Nunatsiaq | June 28, 2023

Categories: news


ARTS AND CULTURE  JUN 28, 2023 – 8:30 AM EDT

Bannock to bring people together in Ottawa

Public event to feature the traditional food at Carleton Dominion-Chalmers Centre

A free event celebrating bannock and the bonds it creates in Indigenous communities is scheduled for Thursday at 11 a.m. at the Carleton Dominion-Chalmers Centre in Ottawa. Co-organizer Augatnaaq Eccles curated an accompanying art exhibition showcasing Inuit artworks like Annie Pootoogook’s “Mother and Child Cooking in the Tent” (2006, right). (Photo courtesy of Augatnaaq Eccles/Image copyright Dorset Fine Arts)

By Madalyn Howitt

People in Ottawa will get the chance to bust out the picnic blankets Thursday to celebrate all things bannock.
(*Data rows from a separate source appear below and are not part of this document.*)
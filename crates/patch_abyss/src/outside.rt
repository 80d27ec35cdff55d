//! What is read outside an image's rectangle: which row, which column, which pixel.

ghost use Rattle.std.specs.Prelude.{◌≡◌, ◌≢◌, ℕ, ◌+◌, ◌-◌, ◌<◌, ◌≤◌, IfSome, MatchOption, length};
ghost use Rattle.plane_rect.specs.Rectangle.{Within, end_row, plane_side};
ghost use Rattle.pixel_formats.specs.Format.{channels, pixel_bytes};
ghost use Rattle.pixel_formats.specs.{Row.pixel_at, declared.abyss.Abyss.TheVariants.Loop};
ghost use Rattle.model_images.specs.Abyss.{black_sample, wrapped};
ghost use Rattle.patch_abyss.specs.Rows.{AreRepeated, OnOneSide, ReadsInOrder, ReadsNothing};
ghost use Rattle.patch_abyss.specs.Fetched.{outside_sample};

use pixel_formats::{Abyss, Format};
use plane_rect::Rect;
use std::ops::Range;

/// Rows that read the same of a box as rows above them.
#[derive(Clone, Copy)]
pub(crate) struct Repetition {
    /// How many rows above the first of them they repeat, periodically.
    pub period: u32,
    /// The exclusive end of the rows.
    pub end: u32,
}

/// Returns the rows of a box that a row of the plane and the rows below it read, as many as follow
/// one another, and None where the row reads nothing of the box.
pub(crate) fn source_rows(bounds: &Rect, abyss: Abyss, row: u32) -> Option<Range<u32>>
    ensures first_row { IfSome result (λ rows. bounds.now.first_row ≤ rows.start) }
    ensures some { IfSome result (λ rows. rows.start < rows.end) }
    ensures end_row { IfSome result (λ rows. rows.end ≤ end_row bounds.now) }
    ensures reads { MatchOption result (ReadsNothing bounds.now abyss row)
        (λ rows. ReadsInOrder bounds.now abyss row rows.start (rows.end - rows.start)) }
{
    if bounds.is_empty() {
        return None;
    }
    let (first_row, end_row) = (bounds.first_row(), bounds.end_row());
    if first_row <= row && row < end_row {
        return Some(row..end_row);
    }
    match abyss {
        Abyss::Loop => Some(wrapped(first_row, bounds.h, row)..end_row),
        Abyss::Clamp => {
            let nearest = row.min(end_row - 1).max(first_row);
            Some(nearest..nearest + 1)
        }
        _ => None,
    }
}

/// Returns the rows of a rectangle from one on that read the same of a box as those above them, and
/// None where no row above it reads the same as that one.
pub(crate) fn repeated_rows(
    bounds: &Rect,
    abyss: Abyss,
    rect: &Rect,
    row: u32,
) -> Option<Repetition>
    requires { Within rect.now.first_row rect.now.height row }
    ensures { IfSome result (AreRepeated bounds.now abyss rect.now row) }
{
    match abyss {
        Abyss::Loop => wrapped_rows(bounds, rect, row),
        _ => rows_aside(bounds, abyss, rect, row),
    }
}

/// Returns the rows of a rectangle from one on that read the same of a box under `Loop` as those
/// above them.
fn wrapped_rows(bounds: &Rect, rect: &Rect, row: u32) -> Option<Repetition>
    requires { Within rect.now.first_row rect.now.height row }
    ensures { IfSome result (AreRepeated bounds.now Loop rect.now row) }
{
    let period = bounds.h.max(1);
    if row - rect.first_row() < period {
        return None;
    }
    Some(Repetition {
        period,
        end: rect.end_row(),
    })
}

/// Returns the rows of a rectangle from one on that read the same of a box under another policy as
/// the row above them.
fn rows_aside(bounds: &Rect, abyss: Abyss, rect: &Rect, row: u32) -> Option<Repetition>
    requires still { abyss ≢ Loop }
    requires row { Within rect.now.first_row rect.now.height row }
    ensures { IfSome result (AreRepeated bounds.now abyss rect.now row) }
{
    if row == rect.first_row() {
        return None;
    }
    let end = end_aside(bounds, rect, row - 1);
    if end <= row {
        return None;
    }
    Some(Repetition { period: 1, end })
}

/// Returns the exclusive end of the rows of a rectangle that are on the same side of a box as one
/// of them.
fn end_aside(bounds: &Rect, rect: &Rect, row: u32) -> u32
    requires { Within rect.now.first_row rect.now.height row }
    ensures within { result ≤ end_row rect.now }
    ensures aside { (v : ℕ) → row ≤ v → v < result → OnOneSide bounds.now row v }
{
    if bounds.is_empty() || bounds.end_row() <= row {
        return rect.end_row();
    }
    bounds.first_row().min(rect.end_row())
}

/// Returns, of the `len` numbers from `start` on, the one that is a whole multiple of `len` away
/// from a number.
pub(crate) fn wrapped(start: u32, len: u32, number: u32) -> u32
    requires some { 0 < len }
    requires plane { start + len ≤ plane_side }
    ensures value { result ≡ wrapped start len number }
    ensures within { Within start len result }
{
    let (first, period) = (u64::from(start), u64::from(len));
    let moved = u64::from(number) + first * period - first;
    start + (moved % period) as u32
}

/// Returns the bytes of a pixel that reads nothing of an image.
pub(crate) fn outside_pixel(abyss: Abyss, format: Format) -> &'static [u8]
    ensures len { length result.now ≡ pixel_bytes format }
    ensures samples { (c : ℕ) → c < channels format →
        pixel_at format result.now 0 c ≡ outside_sample abyss format c }
{
    let count = format.pixel_bytes() as usize;
    match abyss {
        Abyss::None | Abyss::Clamp | Abyss::Loop => &[0; 16][..count],
        Abyss::Black => black_pixel(format),
        Abyss::White => &[255; 16][..count],
    }
}

/// Returns the bytes of a pixel of no color and full alpha.
fn black_pixel(format: Format) -> &'static [u8]
    ensures len { length result.now ≡ pixel_bytes format }
    ensures samples { (c : ℕ) → c < channels format →
        pixel_at format result.now 0 c ≡ black_sample format c }
{
    match format {
        Format::Y8 => &[0],
        Format::YA8 => &[0, 255],
        Format::RGB8 => &[0; 3],
        Format::RGBA8 => &[0, 0, 0, 255],
        Format::Y16 => &[0, 0],
        Format::YA16 => &[0, 0, 255, 255],
        Format::RGB16 => &[0; 6],
        Format::RGBA16 => &[0, 0, 0, 0, 0, 0, 255, 255],
        Format::Y32 => &[0; 4],
        Format::YA32 => &[0, 0, 0, 0, 255, 255, 255, 255],
        Format::RGB32 => &[0; 12],
        Format::RGBA32 => &[0, 0, 0, 0, 0, 0, 0, 0, 0, 0, 0, 0, 255, 255, 255, 255],
    }
}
The lunchtime event, titled Bannock and Belonging, will take place at the Carleton Dominion-Chalmers Centre on Cooper Street from 11 a.m. to 2 p.m. The event is free to attend and open to the public.

Organizers say it’s an opportunity to spend an afternoon making bannock, sharing recipes and celebrating community bonds through food.

“[Bannock] just reminds me of home,” said Augatnaaq Eccles, a curator, historian and artist who helped co-organize the event.

“It’s something that my mom would make almost every day with lunch when we’d be having traditional food. It was always a staple.”

When she moved from her home of Rankin Inlet to Ottawa for school, she found herself missing her mom’s homemade bannock, so she started cooking it for her roommates and friends.

Bannock is a dish shared by many Indigenous communities, said Danielle Printup, the Indigenous cultural engagement co-ordinator at Carleton University and an organizer of the event.

“Even though we’re distinctly different in our communities and we’re from different territories within it, still there [are] similarities across. I think sharing food is definitely one of them,” said Printup, who hails from Kitigan Zibi Anishinabeg First Nation.

There are many different ways to prepare and enjoy bannock, and attendees  will get a chance to try it in some sweet and savoury versions.

“[People] can try it with berry sauce on it and whipped cream and we’ll also have chili,” she said.

“[There’s] gonna be a couple ways of enjoying this phenomenal dish that is just so special for many reasons, right? It gets you closer to your family.”

Eccles herself likes her bannock deep fried in lard and dipped in the broth from cooking caribou meat or simply fried on the stovetop.

The event also accompanies a Carleton University Art Gallery exhibition curated by Eccles, titled Seasons of the Sun, spotlighting the work of Inuit artists and taking visitors through the seasons in Nunavut.

“It came from the idea of sort of wanting to create this space of home in Ottawa that I really longed for and missed when I was going to school here,” Eccles said.

One of the best-known artworks in the exhibition is Annie Pootoogook’s Mother and Child Cooking in the Tent (2006), which shows a mother cooking bannock over a Coleman stove in a canvas tent.

“I chose that piece because it reminded me of my own mom and how she’s made bannock for us. She really loved setting up her canvas tent in the summer seasons,” Eccles said.